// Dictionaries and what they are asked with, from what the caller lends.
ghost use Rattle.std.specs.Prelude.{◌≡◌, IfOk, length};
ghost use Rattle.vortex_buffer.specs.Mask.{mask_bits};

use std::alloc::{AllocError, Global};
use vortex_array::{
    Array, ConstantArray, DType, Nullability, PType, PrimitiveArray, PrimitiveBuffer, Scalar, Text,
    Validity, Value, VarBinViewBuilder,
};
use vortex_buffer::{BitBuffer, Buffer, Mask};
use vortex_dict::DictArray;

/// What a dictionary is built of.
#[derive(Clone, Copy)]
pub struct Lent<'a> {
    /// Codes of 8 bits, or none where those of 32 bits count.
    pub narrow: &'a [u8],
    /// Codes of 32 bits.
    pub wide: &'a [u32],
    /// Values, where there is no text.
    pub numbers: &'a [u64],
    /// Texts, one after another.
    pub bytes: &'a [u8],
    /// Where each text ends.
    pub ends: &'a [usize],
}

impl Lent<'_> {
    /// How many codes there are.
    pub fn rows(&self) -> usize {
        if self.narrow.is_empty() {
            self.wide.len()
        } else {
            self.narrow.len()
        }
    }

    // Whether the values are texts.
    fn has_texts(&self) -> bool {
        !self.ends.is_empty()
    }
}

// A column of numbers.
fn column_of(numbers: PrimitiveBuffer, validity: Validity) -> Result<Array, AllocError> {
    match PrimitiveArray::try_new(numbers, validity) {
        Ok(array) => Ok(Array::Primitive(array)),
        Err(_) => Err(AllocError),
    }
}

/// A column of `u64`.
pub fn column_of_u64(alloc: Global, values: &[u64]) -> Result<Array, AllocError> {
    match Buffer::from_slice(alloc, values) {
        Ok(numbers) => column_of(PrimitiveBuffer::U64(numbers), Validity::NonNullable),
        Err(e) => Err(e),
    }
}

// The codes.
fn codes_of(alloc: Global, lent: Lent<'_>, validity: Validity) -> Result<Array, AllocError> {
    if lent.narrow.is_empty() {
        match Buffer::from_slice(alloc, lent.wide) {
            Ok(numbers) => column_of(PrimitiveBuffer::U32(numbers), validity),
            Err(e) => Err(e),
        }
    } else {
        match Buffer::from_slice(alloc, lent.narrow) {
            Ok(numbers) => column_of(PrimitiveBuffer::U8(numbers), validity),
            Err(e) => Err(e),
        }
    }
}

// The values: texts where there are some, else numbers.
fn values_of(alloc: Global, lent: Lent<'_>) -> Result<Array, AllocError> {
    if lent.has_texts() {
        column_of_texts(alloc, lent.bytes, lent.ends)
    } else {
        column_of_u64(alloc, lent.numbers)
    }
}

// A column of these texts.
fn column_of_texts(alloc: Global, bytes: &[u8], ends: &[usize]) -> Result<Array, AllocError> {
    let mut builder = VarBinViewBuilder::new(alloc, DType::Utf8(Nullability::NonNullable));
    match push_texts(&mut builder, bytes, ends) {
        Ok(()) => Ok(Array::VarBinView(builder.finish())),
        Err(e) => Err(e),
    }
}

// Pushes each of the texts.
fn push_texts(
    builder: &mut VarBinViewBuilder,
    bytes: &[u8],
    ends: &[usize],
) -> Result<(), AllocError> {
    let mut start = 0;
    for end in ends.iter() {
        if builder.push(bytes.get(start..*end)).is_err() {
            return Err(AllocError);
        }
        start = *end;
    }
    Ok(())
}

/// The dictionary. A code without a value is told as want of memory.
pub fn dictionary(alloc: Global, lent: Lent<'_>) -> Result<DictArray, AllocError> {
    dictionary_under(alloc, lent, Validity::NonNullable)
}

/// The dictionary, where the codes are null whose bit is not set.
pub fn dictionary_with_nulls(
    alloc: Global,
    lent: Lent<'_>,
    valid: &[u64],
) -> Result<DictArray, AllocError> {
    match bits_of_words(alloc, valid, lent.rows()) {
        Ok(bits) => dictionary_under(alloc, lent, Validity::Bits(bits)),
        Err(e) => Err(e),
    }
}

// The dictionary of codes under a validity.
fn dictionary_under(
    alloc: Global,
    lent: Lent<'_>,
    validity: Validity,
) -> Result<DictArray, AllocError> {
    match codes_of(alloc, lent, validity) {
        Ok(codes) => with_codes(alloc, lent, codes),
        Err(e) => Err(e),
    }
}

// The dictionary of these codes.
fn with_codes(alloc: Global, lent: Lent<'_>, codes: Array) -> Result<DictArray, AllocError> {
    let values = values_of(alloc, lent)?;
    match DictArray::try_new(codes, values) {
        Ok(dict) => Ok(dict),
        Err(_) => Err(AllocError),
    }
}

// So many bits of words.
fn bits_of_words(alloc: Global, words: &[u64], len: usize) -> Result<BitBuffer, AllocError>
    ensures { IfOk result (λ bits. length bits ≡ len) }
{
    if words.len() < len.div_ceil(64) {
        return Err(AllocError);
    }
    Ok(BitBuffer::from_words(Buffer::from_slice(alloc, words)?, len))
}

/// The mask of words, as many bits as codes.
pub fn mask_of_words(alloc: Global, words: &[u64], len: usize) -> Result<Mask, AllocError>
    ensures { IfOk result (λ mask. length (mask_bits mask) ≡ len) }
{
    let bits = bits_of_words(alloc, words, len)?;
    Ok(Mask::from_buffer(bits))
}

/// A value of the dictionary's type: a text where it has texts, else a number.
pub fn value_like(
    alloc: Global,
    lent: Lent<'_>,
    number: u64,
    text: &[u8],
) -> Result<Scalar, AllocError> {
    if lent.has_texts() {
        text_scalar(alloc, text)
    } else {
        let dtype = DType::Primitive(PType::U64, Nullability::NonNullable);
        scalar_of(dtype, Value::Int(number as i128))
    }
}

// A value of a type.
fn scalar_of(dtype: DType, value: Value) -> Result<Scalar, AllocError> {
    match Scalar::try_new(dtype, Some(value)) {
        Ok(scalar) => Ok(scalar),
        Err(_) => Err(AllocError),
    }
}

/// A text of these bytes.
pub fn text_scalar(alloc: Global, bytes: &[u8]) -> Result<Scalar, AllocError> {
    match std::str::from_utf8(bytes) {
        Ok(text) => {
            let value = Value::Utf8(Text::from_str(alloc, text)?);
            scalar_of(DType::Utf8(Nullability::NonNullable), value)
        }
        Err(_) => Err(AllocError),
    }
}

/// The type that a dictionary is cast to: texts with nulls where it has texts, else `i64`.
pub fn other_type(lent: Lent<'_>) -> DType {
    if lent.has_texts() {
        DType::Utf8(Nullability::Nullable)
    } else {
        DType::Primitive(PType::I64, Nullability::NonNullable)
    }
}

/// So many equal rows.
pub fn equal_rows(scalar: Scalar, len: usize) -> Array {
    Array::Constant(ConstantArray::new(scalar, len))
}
_____
# What is being asked
Go through the data above and find the lines with the word "length". Copy each of those lines.

# Exercise result
ghost use Rattle.std.specs.Prelude.{◌≡◌, IfOk, length};
    ensures { IfOk result (λ bits. length bits ≡ len) }
    ensures { IfOk result (λ mask. length (mask_bits mask) ≡ len) }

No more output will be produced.